Exercise instructions: Report each line from the records where the string "OutOfMemory" turns up.

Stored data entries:

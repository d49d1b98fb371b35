//! What a script comes to: its resizes become ops of a trace as it is played, and each has a verdict.
#![tactic(auto)]

mod laws;
mod lines;
mod sizes;
mod verdict;
mod whole;

pub use laws::{moves_keep, others_stay, spare_stays_free};
pub use verdict::Verdict;
pub use whole::{Expanded, ExpandedText, expand, expand_input};
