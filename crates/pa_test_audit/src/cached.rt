ghost use Rattle.std.specs.Prelude.{◌-◌, ◌<◌, ◌^◌, length};

use crate::caches::{FREE, alloc_of, dense_of, done, fill, give, made, numbered, purge, row};
use crate::contents::RULES;
use crate::homed::{are_homed, are_short, are_within};
use pa_audit_holders::{Books, CachesFound, caches_meet, homes_of};
use pa_audit_records::{Salt, record_ends, records_of};
use pa_buckets::Class;
use pa_dense::DenseJournal;
use pa_record::{Answer, Batch, Entry, Tally};
use pa_slot::OutOfMemory;
use pa_trace::{Line, Op};
use std::alloc::Global;
use std::test::Fail;

// What the checker finds of the lists of two threads in two partitions, and none if it doesn't take the lists.
fn found_in(
    alloc: Global,
    lines: &[Line],
    entries: &[Entry],
    phases: u32,
    roots: &[DenseJournal],
) -> Result<Option<CachesFound>, OutOfMemory>
    requires lines { length lines.now < 2 ^ 32 - 2 }
    requires phases { phases < 2 ^ 32 - 1 }
{
    let told = records_of(alloc, RULES, lines, entries)?;
    let records = told.as_slice();
    if records.len() >= 1000
        || roots.len() > 4
        || !are_short(roots)
        || !are_within(RULES.version, records)
    {
        return Ok(None);
    }
    let homes = homes_of(alloc, Salt::of(records, roots), roots)?;
    if !are_homed(RULES.version, &homes, roots) {
        return Ok(None);
    }
    let ends = record_ends(alloc, records, phases)?;
    let books = Books::of(alloc, RULES.version, 2, records, roots, &homes)?;
    let found = caches_meet(alloc, &books, 2, ends.as_slice())?;
    Ok(Some(found))
}

// Two slots of 16 bytes.
fn pair() -> Batch {
    let mut batch = Batch::new();
    batch.push(numbered(0x8000, 0, 0));
    batch.push(numbered(0x8010, 0, 0));
    batch
}

// Thread 0 makes a slot of partition 0, for which eight go out, and thread 1 one of partition 1, for which two do. Two phases
// on, thread 0 frees its slot, and in the phase after that it purges, which gives the eight back.
fn journals(alloc: Global) -> Result<Vec<DenseJournal>, Fail> {
    let class = Class::of(0).ok_or("no such class")?;
    let mut first = Vec::new(alloc);
    first.push(fill(2, class, Some(0), row(0, 0x4010)))?;
    first.push(give(8, row(2, 0x4010)))?;
    first.push(purge(8))?;
    let mut second = Vec::new(alloc);
    second.push(fill(3, class, Some(1), pair()))?;
    second.push(purge(8))?;
    let mut roots = Vec::new(alloc);
    roots.push(dense_of(alloc, first)?)?;
    roots.push(dense_of(alloc, second)?)?;
    Ok(roots)
}

fn lines() -> [Line; 7] {
    let alloc = Op::Alloc {
        reg: 0,
        partition: 1,
        size: 8,
    };
    [
        line(0, alloc_of(8)),
        line(1, alloc),
        Line::Phase,
        Line::Phase,
        line(0, FREE),
        Line::Phase,
        line(0, Op::Purge),
    ]
}

fn line(thread: u32, op: Op) -> Line {
    Line::Do { thread, op }
}

// The purge says that this many slots went back.
fn entries(slots: u32) -> [Entry; 4] {
    [
        entry(2, 0, made(0x4000, 0, 0)),
        entry(3, 1, made(0x8000, 0, 0)),
        entry(6, 0, done(0x4000, 0, 0x1000001)),
        entry(8, 0, Answer::Purged { slots }),
    ]
}

fn entry(line: u32, thread: u32, answer: Answer) -> Entry {
    Entry {
        line,
        thread,
        answer,
    }
}

// That many slots of 16 bytes of partition 0, and of partition 1.
fn listed(first: u64, second: u64) -> [Tally; 4]
    requires first { first < 65 }
    requires second { second < 65 }
{
    [tally(first), tally(second), tally(0), tally(0)]
}

fn tally(slots: u64) -> Tally
    requires { slots < 65 }
{
    let bytes = 16 * slots;
    Tally { slots, bytes }
}

#[test]
fn what_the_lists_have_at_the_end_of_each_phase(rt: HostRuntime) -> Result<(), Fail> {
    let alloc = rt.alloc();
    let roots = journals(alloc)?;
    let found = found_in(alloc, &lines(), &entries(8), 4, roots.as_slice())?;
    let found = found.ok_or("no lists of the checker's")?;
    assert!(rt; found.misfit.is_none());
    assert_eq!(rt; found.cached.len(), 4);
    assert!(rt; found.cached[0] == listed(7, 1));
    assert!(rt; found.cached[1] == listed(7, 1));
    assert!(rt; found.cached[2] == listed(8, 1));
    assert!(rt; found.cached[3] == listed(0, 1));
    Ok(())
}

// Only the first two phases are asked for: the records after them are played all the same, and the purge reports one slot less.
#[test]
fn a_record_behind_the_last_phase_that_is_asked_for(rt: HostRuntime) -> Result<(), Fail> {
    let alloc = rt.alloc();
    let roots = journals(alloc)?;
    let found = found_in(alloc, &lines(), &entries(7), 2, roots.as_slice())?;
    let found = found.ok_or("no lists of the checker's")?;
    assert_eq!(rt; found.misfit, Some(3));
    Ok(())
}
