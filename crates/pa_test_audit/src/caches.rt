use crate::contents::rules_of;
use crate::homed::{are_homed, are_short, are_within};
use pa_audit_holders::{Books, caches_meet, homes_of};
use pa_audit_records::Salt;
use pa_buckets::Class;
use pa_dense::DenseJournal;
use pa_record::{Answer, Batch, Journal, Numbered, RootAct, RootEntry, Seen};
use pa_rules::Played;
use pa_slot::{OutOfMemory, SlotName, Word};
use pa_trace::Op;
use std::alloc::Global;
use std::test::Fail;

// What the checker returns: the first record that doesn't meet its demand.
#[derive(Clone, Copy, Debug, PartialEq, Eq)]
pub(crate) enum First {
    Nowhere,
    Record(u32),
    // The checker doesn't take these lists.
    Unfit,
}

pub(crate) fn first_of(
    alloc: Global,
    version: u32,
    records: &[Played],
    roots: &[DenseJournal],
) -> Result<First, OutOfMemory> {
    if records.len() >= 1000
        || roots.len() > 4
        || !are_short(roots)
        || !are_within(version, records)
    {
        return Ok(First::Unfit);
    }
    let salt = Salt::of(records, roots);
    let homes = homes_of(alloc, salt, roots)?;
    if !are_homed(version, &homes, roots) {
        return Ok(First::Unfit);
    }
    let books = Books::of(alloc, version, 1, records, roots, &homes)?;
    let found = caches_meet(alloc, &books, 16, &[])?;
    match found.misfit {
        Some(at) => Ok(First::Record(at)),
        None => Ok(First::Nowhere),
    }
}

fn name(start: u32, born: u32) -> SlotName {
    SlotName { start, born }
}

pub(crate) fn numbered(start: u32, born: u32, number: u64) -> Numbered {
    let slot = name(start, born);
    Numbered { slot, number }
}

fn seen(start: u32, born: u32, word: u64) -> Seen {
    let slot = name(start, born);
    let found = Word(word);
    Seen { slot, found }
}

// A record of thread 0 in phase 1.
fn record(line: u32, op: Op, answer: Answer) -> Played {
    Played {
        line,
        thread: 0,
        phase: 1,
        rules: rules_of(1),
        op,
        answer,
    }
}

pub(crate) fn alloc_of(size: u32) -> Op {
    let reg = 0;
    let partition = 0;
    Op::Alloc {
        reg,
        partition,
        size,
    }
}

pub(crate) fn made(start: u32, born: u32, word: u64) -> Answer {
    let seen = seen(start, born, word);
    let usable = 8;
    Answer::Made { seen, usable }
}

pub(crate) fn done(start: u32, born: u32, word: u64) -> Answer {
    let seen = seen(start, born, word);
    Answer::Done { seen }
}

pub(crate) const FREE: Op = Op::Free { reg: 0 };

pub(crate) fn fill(line: u32, class: Class, pool: Option<u32>, slots: Batch) -> RootEntry {
    RootEntry {
        line,
        act: RootAct::Fill { class, pool, slots },
    }
}

pub(crate) fn give(line: u32, slots: Batch) -> RootEntry {
    RootEntry {
        line,
        act: RootAct::Give { slots },
    }
}

pub(crate) fn purge(line: u32) -> RootEntry {
    RootEntry {
        line,
        act: RootAct::Purge,
    }
}

// The journal of these entries.
pub(crate) fn dense_of(
    alloc: Global,
    entries: Vec<RootEntry>,
) -> Result<DenseJournal, OutOfMemory> {
    DenseJournal::of(alloc, &Journal::of(entries))
}

// Eight slots of 16 bytes. The first is at this number, and the second starts at this byte.
pub(crate) fn row(number: u64, second: u32) -> Batch {
    let mut batch = Batch::new();
    batch.push(numbered(0x4000, 0, number));
    batch.push(numbered(second, 0, 0));
    batch.push(numbered(0x4020, 0, 0));
    batch.push(numbered(0x4030, 0, 0));
    batch.push(numbered(0x4040, 0, 0));
    batch.push(numbered(0x4050, 0, 0));
    batch.push(numbered(0x4060, 0, 0));
    batch.push(numbered(0x4070, 0, 0));
    batch
}

// A slot of a fill of eight of this class is made, freed and goes back with the others in a purge, and the next allocation fills again.
// The second slot that goes back starts at `second`, and one more entry is on line `more`.
pub(crate) fn purge_roots(
    alloc: Global,
    class: u32,
    second: u32,
    more: u32,
) -> Result<Vec<DenseJournal>, Fail> {
    let class = Class::of(class).ok_or("no such class")?;
    let mut entries = Vec::new(alloc);
    entries.push(fill(2, class, Some(0), row(0, 0x4010)))?;
    entries.push(give(4, row(2, second)))?;
    entries.push(purge(4))?;
    entries.push(fill(5, class, None, row(2, 0x4010)))?;
    entries.push(purge(more))?;
    let mut roots = Vec::new(alloc);
    roots.push(dense_of(alloc, entries)?)?;
    Ok(roots)
}

pub(crate) fn purge_records(slots: u32, thread: u32, start: u32) -> [Played; 4] {
    let mut records = [
        record(2, alloc_of(8), made(0x4000, 0, 0)),
        record(3, FREE, done(0x4000, 0, 0x1000001)),
        record(4, Op::Purge, Answer::Purged { slots }),
        record(5, alloc_of(8), made(start, 0, 0x2000000)),
    ];
    records[2].thread = thread;
    records
}

#[test]
fn a_purge_gives_all_back(rt: HostRuntime) -> Result<(), Fail> {
    let alloc = rt.alloc();
    let roots = purge_roots(alloc, 0, 0x4010, 9)?;
    let first = first_of(alloc, 1, &purge_records(8, 0, 0x4000), &roots)?;
    assert!(rt; first == First::Nowhere);
    Ok(())
}

// A purge that reports one slot less than its lists had.
#[test]
fn a_purge_of_seven(rt: HostRuntime) -> Result<(), Fail> {
    let alloc = rt.alloc();
    let roots = purge_roots(alloc, 0, 0x4010, 9)?;
    let first = first_of(alloc, 1, &purge_records(7, 0, 0x4000), &roots)?;
    assert!(rt; first == First::Record(2));
    Ok(())
}

// In one run a slot goes back that isn't the second of its list, and in another a thread with empty lists purges.
#[test]
fn a_purge_of_other_lists(rt: HostRuntime) -> Result<(), Fail> {
    let alloc = rt.alloc();
    let other = purge_roots(alloc, 0, 0x4020, 9)?;
    let first = first_of(alloc, 1, &purge_records(8, 0, 0x4000), &other)?;
    assert!(rt; first == First::Record(2));
    let roots = purge_roots(alloc, 0, 0x4010, 9)?;
    let first = first_of(alloc, 1, &purge_records(8, 1, 0x4000), &roots)?;
    assert!(rt; first == First::Record(2));
    Ok(())
}

// The slot that was made isn't the front of what was filled.
#[test]
fn a_slot_that_is_not_the_front(rt: HostRuntime) -> Result<(), Fail> {
    let alloc = rt.alloc();
    let roots = purge_roots(alloc, 0, 0x4010, 9)?;
    let first = first_of(alloc, 1, &purge_records(8, 0, 0x4010), &roots)?;
    assert!(rt; first == First::Record(3));
    Ok(())
}

// A free whose list keeps its slot has an entry.
#[test]
fn an_entry_too_many(rt: HostRuntime) -> Result<(), Fail> {
    let alloc = rt.alloc();
    let roots = purge_roots(alloc, 0, 0x4010, 3)?;
    let first = first_of(alloc, 1, &purge_records(8, 0, 0x4000), &roots)?;
    assert!(rt; first == First::Record(1));
    Ok(())
}

// One slot, at this number.
pub(crate) fn single(number: u64) -> Batch {
    let mut batch = Batch::new();
    batch.push(numbered(0x4000, 0, number));
    batch
}

// A slot of this class, of which a thread keeps none, is made and freed twice. The second time it goes back on line `back`.
pub(crate) fn large_roots(alloc: Global, class: u32, back: u32) -> Result<Vec<DenseJournal>, Fail> {
    let class = Class::of(class).ok_or("no such class")?;
    let mut entries = Vec::new(alloc);
    entries.push(fill(2, class, Some(0), single(0)))?;
    entries.push(give(3, single(2)))?;
    entries.push(fill(4, class, None, single(2)))?;
    entries.push(give(back, single(4)))?;
    let mut roots = Vec::new(alloc);
    roots.push(dense_of(alloc, entries)?)?;
    Ok(roots)
}

pub(crate) fn large_records(size: u32) -> [Played; 4] {
    [
        record(2, alloc_of(size), made(0x4000, 0, 0)),
        record(3, FREE, done(0x4000, 0, 0x1000001)),
        record(4, alloc_of(size), made(0x4000, 0, 0x2000000)),
        record(5, FREE, done(0x4000, 0, 0x3000001)),
    ]
}

#[test]
fn a_large_slot_goes_back_at_once(rt: HostRuntime) -> Result<(), Fail> {
    let alloc = rt.alloc();
    let roots = large_roots(alloc, 40, 5)?;
    let first = first_of(alloc, 1, &large_records(40000), &roots)?;
    assert!(rt; first == First::Nowhere);
    Ok(())
}

// The large slot stays in its list after its second free.
#[test]
fn a_large_slot_that_stays(rt: HostRuntime) -> Result<(), Fail> {
    let alloc = rt.alloc();
    let roots = large_roots(alloc, 40, 9)?;
    let first = first_of(alloc, 1, &large_records(40000), &roots)?;
    assert!(rt; first == First::Record(3));
    Ok(())
}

Answer:
use pa_slot::OutOfMemory;
) -> Result<Option<CachesFound>, OutOfMemory>
use pa_slot::{OutOfMemory, SlotName, Word};
) -> Result<First, OutOfMemory> {
) -> Result<DenseJournal, OutOfMemory> {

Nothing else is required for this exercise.